Mahasiswa Kupang Tegaskan Tolak Asas Dominus Litis, Ini Alasannya
Kupang – BEM Fakultas Hukum dan Politik Universitas Muhammadiyah Kupang menggelar seminar politik hukum dengan tema "Menimbang Ulang Penerapan Asas Dominus Litis dalam Perubahan KUHAP, Perspektif Politik dan Hukum" di Aula Utama Gedung B Universitas Muhammadiyah Kupang, Selasa 18 Februari 2025.
Kegiatan ini menghadirkan empat narasumber, yakni Dekan Fakultas Hukum Universitas Muhammadiyah Kupang, Sity Syahidah Nurani, pengamat politik Unwira Kupang, Mikhael Rajamuda Bataona, akademisi Hukum Undana Deddy R. Ch. Manafe, dan pengurus wilayah KAHMI NTT, Amir S. Kiwang.
Ketua BEM Fakultas Ilmu Politik Universitas Muhammadiyah Kupang, M. Rosadi Bahrudin menjelaskan seminar ini dilatarbelakangi oleh kajian internal mereka yang menemukan kejanggalan dalam perubahan KUHAP terkait penerapan asas Dominus Litis.
"Kami menemukan satu kejanggalan ketika kami mengkaji dan menganalisis perubahan asas KUHAP Dominus Litis," kata Rosadi.
Lebih lanjut, Rosadi menegaskan bahwa mahasiswa menolak perubahan KUHAP yang memberi wewenang lebih besar kepada Kejaksaan Agung.
"Kami takutkan Kejagung melalui perubahan ini membuat wewenangnya menjadi superbody yang ditakutkan akan menjadi ruang titipan-titipan oleh oknum tertentu dan menjadi gudang korupsi yang dapat mencederai hukum di Indonesia," lanjutnya.
Selain mengadakan seminar, BEM Fakultas Hukum dan Politik Universitas Muhammadiyah Kupang juga berencana menggelar aksi demonstrasi menolak perubahan asas Dominus Litis dalam revisi KUHAP tersebut.
Sementara itu, Sity Syahidah Nurani, menyampaikan bahwa perubahan KUHAP membawa dampak yang signifikan.
Dia menyoroti bahaya kewenangan absolut jaksa dalam sistem peradilan jika asas Dominus Litis tidak diawasi dengan ketat.
"Asas Dominus Litis menempatkan jaksa sebagai pengendali utama perkara pidana. Tanpa pengawasan yang ketat, asas ini berisiko membuka peluang penyalahgunaan kekuasaan oleh jaksa," jelasnya.
Sementara itu, Mikhael Rajamuda Bataona menegaskan pentingnya diskusi publik mengenai asas ini sebelum diberlakukan.
"Asas Dominus Litis perlu diuji di ruang publik.

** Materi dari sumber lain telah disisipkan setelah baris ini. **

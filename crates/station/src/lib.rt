// The station (RULES, The station): one step for each event, from what is heard to the agreed mode. What is sent is written
// into the output, the far side's standard field into the store; the state is a value that the caller keeps. A step goes through the
// modules in this order: gate (refusals 1 to 6, and 10 in Mode), hearing (what the event is to the table), acts (what the table says
// is to be done: a plan), sending (the plan carried out: what is lent is written there alone). What they hand on is in lent.
#![tactic(auto)]

ghost use Rattle.std.specs.Prelude.{◌≡◌};
ghost use Rattle.station.specs.Acting.{quiet};
ghost use Rattle.station.specs.Stepping.{is_reset, told_no, step_told, step_reply};
ghost use Rattle.station.specs.Promises.{TellsBegun, Steps, RefusesTables};

use acts::decide;
use choice::TablesRefusal;
use gate::{checked_gate, shut_in};
use sending::carry_out;
use table::{Phase, Settings, Signal, Start, State};

mod acts;
mod gate;
mod hearing;
mod lent;
mod sending;

// An event. The information field heard is lent beside it, and looked at only for Field.
#[derive(Clone, Copy)]
pub enum Event {
    Start(Start),
    Signal(Signal),
    Field,
    InvalidFrame,
    AnswerTone,
    Reset,
}

impl Event {
    // Whether an event is the reset.
    fn is_reset(self) -> bool
        ensures { result ≡ is_reset self }
    {
        matches!(self, Event::Reset)
    }
}

// Why an event was not acted on. BadLent: the output or the store is too small.
#[derive(Clone, Copy, Debug, PartialEq, Eq)]
pub enum StepRefusal {
    BadLent = 1,
    BadOwn = 2,
    BadWishes = 3,
    Outside = 4,
    TimeBefore = 5,
    TimedOut = 6,
    UnknownType = 9,
    NotInTable = 10,
    NothingToPropose = 11,
}

impl From<TablesRefusal> for StepRefusal {
    ghost from_gives = { RefusesTables };

    fn from(refusal: TablesRefusal) -> StepRefusal {
        match refusal {
            TablesRefusal::BadOwn => StepRefusal::BadOwn,
            TablesRefusal::BadWishes => StepRefusal::BadWishes,
            TablesRefusal::Outside => StepRefusal::Outside,
        }
    }
}

// A step's answer: what it tells, the signal to send, the lengths of the first and second field sent and of what was stored, and
// the next state. A length of 0 says that there is none: so many octets at the front of the output and of the store are new.
#[derive(Clone, Copy)]
pub struct Stepped {
    pub told: Result<(), StepRefusal>,
    pub signal: Option<Signal>,
    pub first: usize,
    pub second: usize,
    pub stored: usize,
    pub state: State,
}

// What the identification field of a message says.
#[derive(Clone, Copy)]
pub struct Offer {
    pub v8: bool,
    pub short_v8: bool,
    pub ack: bool,
}

// What the far side offers.
#[derive(Clone, Copy)]
pub struct FarOffer {
    pub v8: bool,
    pub short_v8: bool,
}

// What a step is given beside the event and what is lent.
#[derive(Clone, Copy)]
pub(crate) struct Call {
    pub(crate) phase: Phase,
    pub(crate) settings: Settings,
    pub(crate) time: u64,
}

// What a station begins as, and what reset gives.
pub fn begin(time: u64) -> State
    ensures { TellsBegun time result }
{
    State {
        phase: Phase::Initial(time),
    }
}

// Nothing is sent or stored.
fn tells(told: Result<(), StepRefusal>, phase: Phase) -> Stepped
    ensures { step_told result ≡ step_reply (quiet (told_no told) phase) }
{
    Stepped {
        told,
        signal: None,
        first: 0,
        second: 0,
        stored: 0,
        state: State { phase },
    }
}

// One step: the state, the settings, the own table, the wishes, the event with the information field heard, the time, the output and
// the store. Reset is not checked at all.
pub fn step(
    state: State,
    settings: Settings,
    own: &[u8],
    wishes: &[u8],
    event: Event,
    field: &[u8],
    time: u64,
    out: &mut [u8],
    store: &mut [u8],
) -> Stepped
    ensures { Steps state settings own.now wishes.now event field.now time out.old store.old result out.new store.new }
{
    let phase = state.phase;
    if event.is_reset() {
        return tells(Ok(()), Phase::Initial(time));
    }
    let call = Call {
        phase,
        settings,
        time,
    };
    match checked_gate(call, own, wishes, out.len(), store.len()) {
        Ok(tables) => {
            let plan = decide(event, call, tables, field);
            carry_out(plan, out, store)
        }
        Err(refusal) => {
            let next = shut_in(refusal, phase, time);
            tells(Err(refusal), next)
        }
    }
}
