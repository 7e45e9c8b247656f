// What the table's acts do: from what was heard of the far side, the own table and the wishes to what is to be sent and stored.
ghost use Rattle.std.specs.Prelude.{◌≡◌, true, ◌+◌, ◌≤◌, [], ◌∷◌};
ghost use Rattle.tree.specs.Fields.{codes_in};
ghost use Rattle.message.specs.Kinds.{type_number};
ghost use Rattle.message.specs.Reader.{standard_at};
ghost use Rattle.choice.specs.Wishes.{wishes_of, standard_codes};
ghost use Rattle.choice.specs.Choosing.{unheard, choice, choice_told};
ghost use Rattle.choice.specs.Judging.{nak_of, verdict};
ghost use Rattle.table.specs.Phases.{wish_of, ack_of};
ghost use Rattle.table.specs.Inner.{needs_field};
ghost use Rattle.station.specs.Sending.{no_offer, sent_list};
ghost use Rattle.station.specs.Sorting.{sort_of};
ghost use Rattle.station.specs.Acting.{quiet, signals, sends, waiting, proposes, takes, judges, does};
ghost use Rattle.station.specs.Stepping.{told_no, sorted};
ghost use Rattle.station.specs.Inner.{Standing, Lies, sent_of, stored_of, proposed, then_ms, planned};

use super::hearing::hear;
use super::lent::{Message, Tables};
use super::sending::{Kept, Outgoing, Plan};
use super::{Call, Event, FarOffer, StepRefusal};
use choice::{ModeRefusal, Pick, first_common, first_ready, judge_mode};
use message::MessageType;
use names::Keep;
use table::{Act, After, Phase, Signal, act_of};
use tree::Field;

// Something is told, and no more.
fn tells<'a>(told: Result<(), StepRefusal>, next: Phase) -> Plan<'a>
    ensures { planned result ≡ quiet (told_no told) next }
{
    Plan {
        told,
        ..Plan::quiet(next)
    }
}

// A signal is sent.
fn signals<'a>(signal: Signal, next: Phase) -> Plan<'a>
    ensures { planned result ≡ signals signal next }
{
    Plan {
        signal: Some(signal),
        ..Plan::quiet(next)
    }
}

// A message is sent, or none, and something stored, or nothing.
fn sends<'a>(first: Option<Outgoing<'a>>, storing: Option<Kept<'a>>, next: Phase) -> Plan<'a>
    ensures { planned result ≡ sends (sent_of first.entry) [] (stored_of storing.entry) next }
{
    Plan {
        first,
        storing,
        ..Plan::quiet(next)
    }
}

// A CL or a CLR is sent, and nothing stored.
fn send_list<'a>(kind: MessageType, call: Call, tables: Tables<'a>, next: Phase) -> Plan<'a>
    requires { type_number kind ≤ 3 }
    ensures { planned result ≡ sends (sent_list (type_number kind) call.settings tables.entry.own.now) [] [] next }
{
    sends(Some(tables.list(kind, call.settings)), None, next)
}

// The MS of a choice, after a CL or alone; nothing at all where there is none. A CL to send would be told by an Option with the same two
// arms.
fn propose<'a>(
    found: Option<Pick>,
    after_cl: bool,
    call: Call,
    far: FarOffer,
    storing: Option<Kept<'a>>,
    tables: Tables<'a>,
) -> Plan<'a>
    requires { Lies tables.wishes.now (choice_told found) }
    ensures { planned result ≡ proposed after_cl (choice_told found) call.settings far tables.entry.own.now tables.entry.wishes.now (stored_of storing.entry) call.time }
{
    let settings = call.settings;
    match found {
        Some(wish) => {
            let number = wish.number as u8;
            let mode = tables.mode(wish, settings, far);
            let next = Phase::Proposed(call.time, number, settings.ack);
            if after_cl {
                return Plan {
                    second: Some(mode),
                    ..sends(
                        Some(tables.list(MessageType::Cl, call.settings)),
                        storing,
                        next,
                    )
                };
            }
            sends(Some(mode), storing, next)
        }
        None => Plan {
            told: Err(StepRefusal::NothingToPropose),
            ..sends(None, storing, Phase::Initial(call.time))
        },
    }
}

// A list was heard: the first ready wish that both can do is proposed, after a CL or alone.
fn propose_common<'a>(after_cl: bool, call: Call, tables: Tables<'a>, list: Message<'a>) -> Plan<'a>
    ensures { planned result ≡ takes (then_ms after_cl) call.settings tables.entry.own.now tables.entry.wishes.now list.entry.field.now call.time }
{
    let storing = Some(Kept {
        keep: Keep::Named,
        message: list,
    });
    let found = first_common(tables.own, tables.wishes, list.field, list.standard);
    propose(found, after_cl, call, list.far_offer(), storing, tables)
}

// A list was heard: it is stored, and then comes what the table says.
fn take_list<'a>(after: After, call: Call, tables: Tables<'a>, list: Message<'a>) -> Plan<'a>
    ensures { planned result ≡ takes after call.settings tables.entry.own.now tables.entry.wishes.now list.entry.field.now call.time }
{
    let storing = Some(Kept {
        keep: Keep::Named,
        message: list,
    });
    match after {
        After::ThenMs => propose_common(false, call, tables, list),
        After::ThenClMs => propose_common(true, call, tables, list),
        After::ThenCl => {
            let answer = tables.list(MessageType::Cl, call.settings);
            sends(Some(answer), storing, Phase::Listed(call.time))
        }
        After::ThenHalf => sends(None, storing, Phase::Half(call.time)),
    }
}

// An MS was accepted: it is stored, and ACK(1) is sent if it asks for that.
fn accept_mode<'a>(mode: Message<'a>, time: u64) -> Plan<'a>
    ensures { planned result ≡ judges 0 mode.entry.field.now time }
{
    let storing = Some(Kept {
        keep: Keep::All,
        message: mode,
    });
    if mode.asks_ack() {
        let ack = Outgoing::Bare(MessageType::Ack1);
        return sends(Some(ack), storing, Phase::Mode(time, 0, true));
    }
    sends(None, storing, Phase::Mode(time, 0, false))
}

// A NAK is sent.
fn refuse<'a>(nak: MessageType, time: u64) -> Plan<'a>
    ensures { planned result ≡ sends ((0x20 + type_number nak) ∷ []) [] [] (Phase.Initial time) }
{
    sends(Some(Outgoing::Bare(nak)), None, Phase::Initial(time))
}

// The NAK that an MS is refused with. Both types are other crates', so this is no `From`.
fn nak_for(refusal: ModeRefusal) -> MessageType
    ensures { type_number result ≡ 7 + nak_of (Err refusal) }
{
    match refusal {
        ModeRefusal::NotReady => MessageType::Nak2,
        ModeRefusal::NoFit => MessageType::Nak3,
    }
}

// An MS was heard: the verdict.
fn judge<'a>(tables: Tables<'a>, mode: Message<'a>, time: u64) -> Plan<'a>
    ensures { planned result ≡ judges (verdict (codes_in Field.Standard mode.entry.field.now (standard_at mode.entry.field.now)) (wishes_of tables.entry.wishes.now)) mode.entry.field.now time }
{
    match judge_mode(tables.wishes, mode.field, mode.standard) {
        Ok(()) => accept_mode(mode, time),
        Err(refusal) => refuse(nak_for(refusal), time),
    }
}

// With no far list, the first ready wish is sent.
fn propose_first<'a>(call: Call, tables: Tables<'a>) -> Plan<'a>
    ensures { planned result ≡ proposes (choice (standard_codes tables.entry.own.now) unheard tables.entry.wishes.now) call.settings no_offer tables.entry.wishes.now [] call.time }
{
    let far = FarOffer {
        v8: false,
        short_v8: false,
    };
    propose(first_ready(tables.wishes), false, call, far, None, tables)
}

// The mode that was proposed is agreed.
fn agree<'a>(call: Call) -> Plan<'a>
    ensures { planned result ≡ quiet 0 (Phase.Mode call.time (wish_of call.phase) (ack_of call.phase)) }
{
    let carried = call.phase.carried();
    tells(Ok(()), Phase::Mode(call.time, carried.wish, carried.ack))
}

// The phase that waits for the answer to a signal, from a time on: of two values, so it is no conversion of one.
fn waiting_for(signal: Signal, time: u64) -> Phase
    ensures { result ≡ waiting signal time }
{
    match signal {
        Signal::MrE => Phase::AskedE(time),
        Signal::MrD => Phase::AskedD(time),
        Signal::CrE => Phase::ListsE(time),
        Signal::CrD => Phase::ListsD(time),
    }
}

// What the table's act does; where the standard field of the message heard is matters only to an act that looks at one.
fn perform<'a>(
    act: Act,
    call: Call,
    tables: Tables<'a>,
    field: &'a [u8],
    standard: usize,
) -> Plan<'a>
    requires { needs_field act ≡ true → Standing field.now standard }
    ensures { planned result ≡ does act call.phase call.settings tables.entry.own.now tables.entry.wishes.now field.now call.time }
{
    let time = call.time;
    match act {
        Act::NoRow => tells(Err(StepRefusal::NotInTable), call.phase),
        Act::SendSignal(signal) => signals(signal, waiting_for(signal, time)),
        Act::CounterMrD => signals(Signal::MrD, Phase::Counter(time)),
        Act::Propose => propose_first(call, tables),
        Act::SendCl => send_list(MessageType::Cl, call, tables, Phase::Listed(time)),
        Act::SendClr => send_list(MessageType::Clr, call, tables, Phase::Traded(time)),
        Act::PairClr => send_list(MessageType::Clr, call, tables, Phase::Pair(time)),
        Act::Take(after) => take_list(after, call, tables, Message { field, standard }),
        Act::Judge => judge(tables, Message { field, standard }, time),
        Act::Agree => agree(call),
        Act::GiveUp => tells(Ok(()), Phase::Initial(time)),
        Act::SendNak1 => refuse(MessageType::Nak1, time),
    }
}

// What is to be done about an event that the gate let through.
pub(crate) fn decide<'a>(event: Event, call: Call, tables: Tables<'a>, field: &'a [u8]) -> Plan<'a>
    ensures { planned result ≡ sorted (sort_of event field.now) call.phase call.settings tables.entry.own.now tables.entry.wishes.now field.now call.time }
{
    match hear(event, field) {
        Some((heard, standard)) => {
            let carried = call.phase.carried();
            let act = act_of(carried.kind, call.settings, carried.ack, heard);
            perform(act, call, tables, field, standard)
        }
        None => tells(Err(StepRefusal::UnknownType), call.phase),
    }
}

Harus diperiksa manfaat baik dan buruknya oleh masyarakat karena pasal ini berkaitan langsung dengan kepentingan publik dalam mencari keadilan," ujarnya.
Mikhael juga mengingatkan bahwa kewenangan besar dalam sistem hukum harus selalu diawasi, mencontohkan bagaimana KPK yang dulu sangat kuat akhirnya diawasi oleh Dewan Pengawas karena adanya penyalahgunaan kekuasaan.
"Tujuan hukum adalah menghadirkan keadilan. Lalu, apakah negara bisa menjamin bahwa ketika sebuah lembaga hukum diberi kewenangan sangat besar dalam proses hukum, maka ia akan berlaku adil?," tanyanya.
Menurutnya, DPR yang menyusun perubahan KUHAP harus belajar dari sejarah bahwa pemusatan kekuasaan dalam satu lembaga cenderung menimbulkan potensi penyalahgunaan.
"Dalam prinsip ketatanegaraan kita berlaku asas trias politica, yang menekankan check and balance antara lembaga-lembaga negara. Jika asas Dominus Litis ini diberlakukan tanpa pengawasan, maka bisa terjadi pemusatan kewenangan yang menggoda orang-orang di dalam lembaga itu untuk bertindak sewenang-wenang," pungkas Mikhael.